Travel notes: Boston or bust

http://www.NewsAndOpinion.com | BOSTON — Ah, the marvels of air travel. I finally make it here by midnight, only three hours late. They tell me my luggage won't make it in for another hour. So I call my daughter and tell her to forget about picking me up; I'll take a cab. She tells me to stay put, and I consent. What the heck, as the mother of two children under 3, she hasn't had a full night's sleep since circa 2001 anyway.


Half an hour later, thanks to the new Ted Williams Tunnel, and the dearth of even Boston traffic at this hour, she's here bearing a cup of coffee and something from her neighborhood Dunkin' Donuts.

Maybe it's the coffee and lateness of the hour, but I begin to have visions. On the way out of the airport, I spot a sign I thought I'd never see in my lifetime:

Welcome to the Home

of the World Championship

Boston Red Sox

And they say there are no more miracles!


We're barely on the road when I realize that after all her years here, my daughter now drives like a Bostonian, that is, like a crazy person. She's even mastered the Boston Feint, which is the accepted way of indicating a left turn up here. No need to signal. You just sort of halfway edge into the path of oncoming traffic, see if it won't give way and hope for the best. It takes some getting used to. I don't think I ever will.

With the exception of certain parts of Italy, this city has to have the worst drivers in the known universe. Anyone who ever doubted Calvin's theology, particularly that part about the natural depravity of man, hasn't driven in Boston.

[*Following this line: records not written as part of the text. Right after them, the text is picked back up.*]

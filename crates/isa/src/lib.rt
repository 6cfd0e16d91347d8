// RV32I: instruction words read and written.
#![tactic(auto)]

pub mod encoder;
pub mod fields;
pub mod limits;
pub mod listing;
pub mod operation;
pub mod placing;
pub mod reader;
pub mod table;

pub use encoder::{accepts, encode};
pub use listing::{FENCE, LAST};
pub use reader::read;

// The manual's formats. Shift: an I format whose constant is a shift amount, with bits 31–25 fixed. Whole: a word
// without fields. What goes by formats is a match with an arm for each, so that the check names each that lacks a new one, or a
// static with an element for each.
#[derive(Clone, Copy, Debug, PartialEq, Eq)]
pub enum Format {
    R,
    I,
    S,
    B,
    U,
    J,
    Shift,
    Whole,
}

// Operation numbers are 1 to `LAST`, the places in `LISTING`; a field that the operation lacks is 0. The default is operation 0 with
// zero fields.
#[derive(Clone, Copy, Debug, PartialEq, Eq, Default)]
pub struct Instruction {
    // a number and no enum: refusal 5 answers an operation that the encoder refuses, so a machine can hold one
    pub operation: u8,
    pub rd: u8,
    pub rs1: u8,
    pub rs2: u8,
    pub constant: i32,
}
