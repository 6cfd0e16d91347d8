ghost use Rattle.std.specs.Prelude.{◌≡◌};
ghost use Rattle.isa.specs.Encodes.{accepted, byte, encoded, encoded_of};
ghost use Rattle.isa.specs.Reads.{instruction};

use crate::{Instruction, limits, listing, placing};
use refusals::Refusal;

// whether the encoder accepts the instruction. Inner: `encode` and refusal 5 use it.
#[tactic(auto, unfolding(crate::specs::Encodes::accepted))]
pub fn accepts(i: Instruction) -> bool
    ensures { result ≡ accepted i }
{
    (1..=listing::LAST).contains(&i.operation) && limits::in_range(listing::format(i.operation), i)
}

// the number as a field, which holds 8 bits
fn narrow(number: u32) -> Result<u8, Refusal>
    ensures { result ≡ byte number }
{
    u8::try_from(number).map_err(|_| Refusal::Encoding)
}

// The word of these fields, or refusal 30. Five numbers, as C hands them over: an `Instruction` cannot hold those above 255.
#[tactic(auto, using(crate::proofs::Accepted::refused_operation, crate::proofs::Accepted::refused_rd, crate::proofs::Accepted::refused_rs1, crate::proofs::Accepted::refused_rs2))]
pub fn encode(operation: u32, rd: u32, rs1: u32, rs2: u32, constant: i32) -> Result<u32, Refusal>
    ensures { encoded result ≡ encoded_of (instruction operation rd rs1 rs2 constant) }
{
    let i = Instruction {
        operation: narrow(operation)?,
        rd: narrow(rd)?,
        rs1: narrow(rs1)?,
        rs2: narrow(rs2)?,
        constant,
    };
    if !accepts(i) {
        return Err(Refusal::Encoding);
    }
    Ok(placing::write(i))
}
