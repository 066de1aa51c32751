// Whether words are a log: whole operations, 12 at most, each of them one, and any two apart and, of one worker, in
// turn: the field's well-formed history. Rests on the words of a log.
#![tactic(auto)]

ghost use Rattle.std.specs.Prelude.{◌≡◌, true, not, ◌≤◌, ◌<◌, eqb, ltb};
ghost use Rattle.machine.specs.Choice.{when◌then◌else◌, ◌and◌};
ghost use Rattle.logs.specs.Log.{all, apart, are_log, greatest_operations, in_turn, is_operation, logged_at};

use interface::{GREATEST_KIND, KIND_INSERT};
use logs::{
    GREATEST_OPERATIONS, LOGGED_ACCOUNT, LOGGED_CALL, LOGGED_END, LOGGED_KIND, LOGGED_WORKER,
    OPERATION_WORDS,
};
use memory::get_or;

// The least number of more than 32 bits: accounts are below it.
const ACCOUNTS: u64 = 4294967296;

// ---- one operation

// Whether the words at place i are an operation: its kind, its account, its end after its call.
fn operation(log: &[u64], i: usize) -> bool
    requires { i < greatest_operations }
    ensures { result ≡ is_operation (logged_at log.now i) }
{
    let at = i * OPERATION_WORDS;
    let kind = get_or(log, at + LOGGED_KIND);
    KIND_INSERT <= kind
        && kind <= GREATEST_KIND
        && get_or(log, at + LOGGED_ACCOUNT) < ACCOUNTS
        && get_or(log, at + LOGGED_CALL) < get_or(log, at + LOGGED_END)
}

// Whether the first n are operations.
fn operations(log: &[u64], n: usize) -> bool
    requires { n ≤ greatest_operations }
    ensures { result ≡ all n (λ i. is_operation (logged_at log.now i)) }
{
    (0..n).all(|i| operation(log, i))
}

// ---- two operations

// Whether the positions of two operations differ: call and end of one, called and ended of the other.
fn apart(call: u64, end: u64, called: u64, ended: u64) -> bool
    ensures { result ≡ not (eqb call called) and not (eqb call ended) and not (eqb end called)
        and not (eqb end ended) }
{
    call != called && call != ended && end != called && end != ended
}

// Whether two operations are not of one worker, or one of them ended before the other's call.
fn in_turn(worker: u64, call: u64, end: u64, other: u64, called: u64, ended: u64) -> bool
    ensures { result ≡ when eqb worker other then (when ltb end called then true else ltb ended call) else true }
{
    worker != other || ended < call || end < called
}

// Whether the operations at places j and i are apart and in turn.
fn pair(log: &[u64], j: usize, i: usize) -> bool
    requires { (j < greatest_operations) × (i < greatest_operations) }
    ensures { result ≡ apart (logged_at log.now j) (logged_at log.now i)
        and in_turn (logged_at log.now j) (logged_at log.now i) }
{
    let first = j * OPERATION_WORDS;
    let second = i * OPERATION_WORDS;
    let call = get_or(log, first + LOGGED_CALL);
    let end = get_or(log, first + LOGGED_END);
    let called = get_or(log, second + LOGGED_CALL);
    let ended = get_or(log, second + LOGGED_END);
    let worker = get_or(log, first + LOGGED_WORKER);
    let other = get_or(log, second + LOGGED_WORKER);
    apart(call, end, called, ended) && in_turn(worker, call, end, other, called, ended)
}

// Whether the operation at place i makes such a pair with each of a lower place.
fn pairs(log: &[u64], i: usize) -> bool
    requires { i < greatest_operations }
    ensures { result ≡ all i (λ j. apart (logged_at log.now j) (logged_at log.now i)
        and in_turn (logged_at log.now j) (logged_at log.now i)) }
{
    (0..i).all(|j| pair(log, j, i))
}

// Whether each of the first n operations does.
fn all_pairs(log: &[u64], n: usize) -> bool
    requires { n ≤ greatest_operations }
    ensures { result ≡ all n (λ i. all i (λ j. apart (logged_at log.now j) (logged_at log.now i)
        and in_turn (logged_at log.now j) (logged_at log.now i))) }
{
    (0..n).all(|i| pairs(log, i))
}

// ---- logs

// Whether the words are a log.
pub fn is_log(log: &[u64]) -> bool
    ensures { result ≡ are_log log.now }
{
    let len = log.len();
    let n = len / OPERATION_WORDS;
    len % OPERATION_WORDS == 0
        && n <= GREATEST_OPERATIONS
        && operations(log, n)
        && all_pairs(log, n)
}
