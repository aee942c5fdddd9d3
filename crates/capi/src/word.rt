//! Exported to C and Rust: the calls of words. They refuse nothing.
ghost use Rattle.std.specs.Prelude.{◌≡◌};
ghost use Rattle.words.specs.Flags.{bits, flags_of, window, word_flags};
ghost use Rattle.words.specs.Merge.{merged};
ghost use Rattle.words.specs.Nth.{nth_one};
ghost use Rattle.capi.specs.Answers.{as_nth};

use crate::answers::NthAnswer;
use words::merge::merge_reversed;
use words::nth::{nth_set_bit_u32, nth_set_bit_u64};
use words::word::load_padded_le_u64;

#[tactic(auto, unfolding(crate::specs::Answers::as_nth))]
impl From<Result<u32, u32>> for NthAnswer {
    ghost from_gives = { λ r a. a ≡ as_nth r };

    fn from(r: Result<u32, u32>) -> NthAnswer {
        match r {
            Ok(value) => NthAnswer {
                found: true,
                value,
                ..NthAnswer::default()
            },
            Err(ones) => NthAnswer {
                ones,
                ..NthAnswer::default()
            },
        }
    }
}

/// Loads the first eight bytes of `part` as a little-endian word, padding a shorter slice with zeros.
///
/// ```
/// assert_eq!(poruwhina::calls::load_padded_le_u64(&[0x2D, 0x01]), 0x012D);
/// ```
#[unsafe(no_mangle)]
pub extern "C" fn pw_load_padded_le_u64(part: &[u8]) -> u64
    ensures { word_flags result ≡ window (flags_of part.now) 0 64 }
{
    load_padded_le_u64(part)
}

/// Returns 64 flags: those of `current` starting at `offset`, then the low flags of `next`. An offset of 0, or of 64 or more, returns
/// `current`.
///
/// ```
/// use poruwhina::calls::merge_reversed;
///
/// assert_eq!(merge_reversed(0xA0, 0x03, 4), 0x3000_0000_0000_000A);
/// assert_eq!(merge_reversed(0xA0, 0x03, 64), 0xA0);
/// ```
#[unsafe(no_mangle)]
pub extern "C" fn pw_merge_reversed(current: u64, next: u64, offset: usize) -> u64
    ensures { word_flags result ≡ merged (word_flags current) (word_flags next) offset }
{
    merge_reversed(current, next, offset)
}

/// Returns in `value` the position of set bit `n` of the word `w`, counting from 0. If at most `n` bits are set, `found` is false and
/// `ones` is the number of set bits.
///
/// ```
/// use poruwhina::calls::nth_set_bit_u64;
///
/// assert_eq!(nth_set_bit_u64(0x2D, 2).position(), Ok(3));
/// assert_eq!(nth_set_bit_u64(0x2D, 4).position().unwrap_err().ones, 4);
/// ```
#[unsafe(no_mangle)]
pub extern "C" fn pw_nth_set_bit_u64(w: u64, n: u64) -> NthAnswer
    ensures { result ≡ as_nth (nth_one (bits 64 w) n) }
{
    nth_set_bit_u64(w, n).into()
}

/// Returns in `value` the position of set bit `n` of the 32-bit word `w`, counting from 0. If at most `n` bits are set, `found` is false
/// and `ones` is the number of set bits.
///
/// ```
/// use poruwhina::calls::nth_set_bit_u32;
///
/// assert_eq!(nth_set_bit_u32(0x8000_0001, 1).position(), Ok(31));
/// assert_eq!(nth_set_bit_u32(0x8000_0001, 2).position().unwrap_err().ones, 2);
/// ```
#[unsafe(no_mangle)]
pub extern "C" fn pw_nth_set_bit_u32(w: u32, n: u32) -> NthAnswer
    ensures { result ≡ as_nth (nth_one (bits 32 w) n) }
{
    nth_set_bit_u32(w, n).into()
}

Even after all these years, I'm proud to note, the girl has retained the unerring Greenberg sense of direction. Soon she and I are deep into talk and barreling up I-93 in precisely the wrong direction.

Turning around, we head back toward downtown Boston, which is now straight ahead and awash in shimmering light — blue, green, white, purple — against the dark night sky. Like some sci-fi fantasy straight off an old cover of "Amazing Stories."

Not all of Boston's glare can rival the light that goes on in the mind at the sight of a sign that says: Quincy. That's Quincy as in the home of John and Abigail Adams. The Adamses (John, John Quincy, Charles Francis, Henry . . .) are no longer prominent forces in American politics and culture, but their light still shines.


Will Rogers once said there were only four unique American cities: San Francisco, San Antonio, Boston and New Orleans. Why not Charleston? And what makes a city unique anyway? Not so much its locale but its spirit. No matter how many times you've visited such a city, you're filled with expectation.

Boston remains a personal city. One reason it has kept its human scale is because it really is small, at least compared to the standard American megalopolis. Its population of 600,000 is only a quarter the size of the borough of Brooklyn.

Boston is small enough for its assorted flavors, Irish and Italian, Boston Brahmin and Immigrant Moxie, to co-exist without being diluted into some bland, uniform vanilla. It's more like Neapolitan ice cream, a combination but with clear borders.


Other cities have their landmarks and monuments and historical air. What sets this one apart is its only-in-Boston institutions — like the Gardner Museum and the Red Sox. The legendary Isabella Stewart Gardner, the great patroness of arts and of artists East and West, reconstructed a 15th century Venetian palace on the Fenway. Yet she was also a great Red Sox fan and would regularly have the team in for tea. When the Sox beat the New York Giants to win the 1912 World Series, Mrs. Gardner attended a performance of the Boston Symphony wearing a red-and-white headband emblazoned with the motto, "Oh, you Red Sox!"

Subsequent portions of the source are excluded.